McCann is a brilliant writer, and I’m no McCann. Whatever I end up with in this space, I know that it is routine, focus, writing and rewriting, that matters. I’m excited for this writing ahead.
Checked, mate?
by Anton Zuiker on October 13, 2022
I started reading this New Yorker feature about Mladen Solomun, “the d.j. who keeps Ibiza dancing.” Then I came upon this:
Bor, the tour manager, oversees what he calls “booth politics,” and any infraction of the unwritten code can lead to ejection. The truly elect are invited to take an occasional shot of tequila with Solomun. The brand on his rider is Clase Azul Reposado, which the club brings in specifically for him. Solomun sometimes drinks more than thirty shots of tequila during a night at the decks, with no visible change in his sobriety.
Come on. The vaunted New Yorker fact checkers must have been out to lunch for that graph. Thirty shots is a lot of alcohol!
Alex Frater once told me that his article was so closely checked that the editor called an entomologist to confirm the number of ants he could have stepped on (I wrote about that here, one of my favorite posts from my Coconut Wireless blog).
On the other hand, maybe the current fact checkers did confirm with a 30-shot lunch.
Finding your drums
by Anton Zuiker on October 5, 2022
Oliver mentioned again over dinner the other night that he wants to take up the drums. We asked him to focus on his saxophone, but he insisted he is interested in the drums.
At that, we told him all the ways he could show us he had a drummer’s rhythm without us buying an expensive kit that he might use a few times and then forget: he could slap the small djembe we’ve had in our house for 20 years, or he could bang on an overturned plastic pail, or he could even get some bamboo and tap on it with a flip-flop.
I pulled up a YouTube video of Futuna Fatuana to show him how the ni-Vanuatu make music with bamboo and with glass bottles filled to various levels. I once brought that troupe to Paama as part of a music education project I organized. I also paid for the generator to run one night so I could show the students (and their families from the surrounding villages) the video Stomp Out Loud. (In Cleveland, before we set out for the Peace Corps, Erin and I had seen the touring music show Stomp.)

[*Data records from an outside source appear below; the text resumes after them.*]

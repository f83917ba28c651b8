//! The header of a record, read.

ghost use Rattle.std.specs.Prelude.{◌≡◌, option_map};
ghost use Rattle.tc_record.specs.Sections.{header_at, form_from};
ghost use Rattle.tc_record.specs.SectionsView.{header_of};

use tc_bytes::{u8_at, u32_at};

/// The form of a record whose members carry names.
pub const NAMED_FORM: u8 = 0;

/// The form of a record whose members carry the numbers of names.
pub const NUMBERED_FORM: u8 = 1;

/// The same with the numbers of its columns in bits.
pub const PACKED_FORM: u8 = 2;

/// The fields of a header, in their order.
#[derive(Clone, Copy)]
pub(crate) struct Header {
    pub(crate) total: u32,
    pub(crate) form: u8,
    pub(crate) tags: u32,
    pub(crate) fixed: u32,
    pub(crate) texts: u32,
    pub(crate) text_width: u8,
    pub(crate) names: u32,
    pub(crate) slot_width: u8,
}

pub(crate) fn header_in(bytes: &[u8]) -> Option<(Header, &[u8])>
    ensures { option_map (λ x. (header_of x.0, x.1.now)) result ≡ header_at bytes.now }
{
    let (total, bytes) = u32_at(bytes)?;
    let (form, bytes) = u8_at(bytes)?;
    let (tags, bytes) = u32_at(bytes)?;
    let (fixed, bytes) = u32_at(bytes)?;
    let (texts, bytes) = u32_at(bytes)?;
    let (text_width, bytes) = u8_at(bytes)?;
    let (names, bytes) = u32_at(bytes)?;
    let (slot_width, bytes) = u8_at(bytes)?;
    let header = Header {
        total,
        form,
        tags,
        fixed,
        texts,
        text_width,
        names,
        slot_width,
    };
    Some((header, bytes))
}

/// Whether members carry names.
pub(crate) fn form_told(byte: u8) -> Option<bool>
    ensures { result ≡ form_from byte }
{
    if byte == NAMED_FORM {
        Some(true)
    } else if byte == NUMBERED_FORM {
        Some(false)
    } else if byte == PACKED_FORM {
        Some(false)
    } else {
        None
    }
}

Here’s what I wrote in my Peace Corps Description of Service document (a final report before a volunteer closes out his/her service):
Peace Corps Vanuatu offered a Small Project Assistance grant in 1998 to support Anton’s What A Bang! music education project, which brought a popular “stringband” from Futuna Island to Vaum Junior Secondary School to demonstrate instruments made with local materials (e.g. bamboo, empty Coke bottles, and rubber sandals). To this day students improvise music on handcrafted instruments such as ukulele, tin can drums and bamboo whistles. VJSS has begun to collect and use various musical instruments for music education and class sing-a-longs.

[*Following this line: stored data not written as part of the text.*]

//! Tokens that are passed over: no more is read of them than tells where the next one stands.

ghost use Rattle.std.specs.Prelude.{◌≡◌, ◌≢◌, ◌<◌, true, IsTrue, is_some, option_map, if◌then◌else◌};
ghost use Rattle.tc_record.specs.Behind.{behind_close};
ghost use Rattle.tc_record.specs.Held.{tokens_left};
ghost use Rattle.tc_record.specs.Record.{close_tag};
ghost use Rattle.tc_record.specs.Moves.{known_moves};
ghost use Rattle.tc_record.specs.WalkView.{columns_of, format_of};
ghost use Rattle.tc_record.specs.Stack.{kinds_of};

use crate::judging_numbers::passes_value;
use crate::tags::CLOSE_TAG;
use crate::walking::Walk;
use tc_bytes::u8_at;

/// The tags behind the close of the innermost array or object that is open, with the walk moved on. Where nothing is open, these
/// are all tags.
pub(crate) fn tags_behind_close<'a>(tags: &'a [u8], walk: &mut Walk<'_>) -> &'a [u8]
    requires { IsTrue (is_some (tokens_left true tags.now walk.old)) }
    ensures { tokens_left true result.now walk.new ≡ option_map behind_close (tokens_left true tags.now walk.old) }
{
    if walk.kinds.depth == 0 {
        return tags;
    }
    let outer = walk.kinds.depth - 1;
    // a copy, since what each token moves on stays in registers then
    let mut here = *walk;
    let mut left = tags;
    while let Some((tag, rest)) = u8_at(left) {
        left = rest;
        if tag == CLOSE_TAG {
            here.kinds.close();
            if here.kinds.depth == outer {
                break;
            }
        } else if !passes_value_in(&mut here, tag) {
            break;
        }
    }
    *walk = here;
    left
}

/// Whether a value of this tag, or the opening of one, stands next, with the walk moved on past it.
#[inline(always)]
fn passes_value_in(walk: &mut Walk<'_>, tag: u8) -> bool
    requires inside { 0 < walk.old.kinds.depth }
    requires value { tag ≢ close_tag }
    ensures moves { known_moves (format_of walk.old.format) tag (kinds_of walk.old.kinds.arrays walk.old.kinds.depth) (columns_of walk.old.columns) ≡ (if result then Some (kinds_of walk.new.kinds.arrays walk.new.kinds.depth, columns_of walk.new.columns) else None) }
    ensures format { walk.new.format ≡ walk.old.format }
{
    if !walk.format.named {
        return passes_value(walk.format, tag, &mut walk.kinds, &mut walk.columns);
    }
    match walk.step(tag) {
        None => false,
        Some(_token) => true,
    }
}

After dinner, Oliver retrieved paint cans and plastic pails fro the shed and made himself a makeshift drum kit in the laundry room. He banged on it for an hour or so and called it a night. The laundry room has been cluttered with the kit for the last few days. After his soccer practice yesterday, we were driving past School of Rock—I mentioned he should take an introductory drum lesson, and he quickly found the company’s website and requested more information.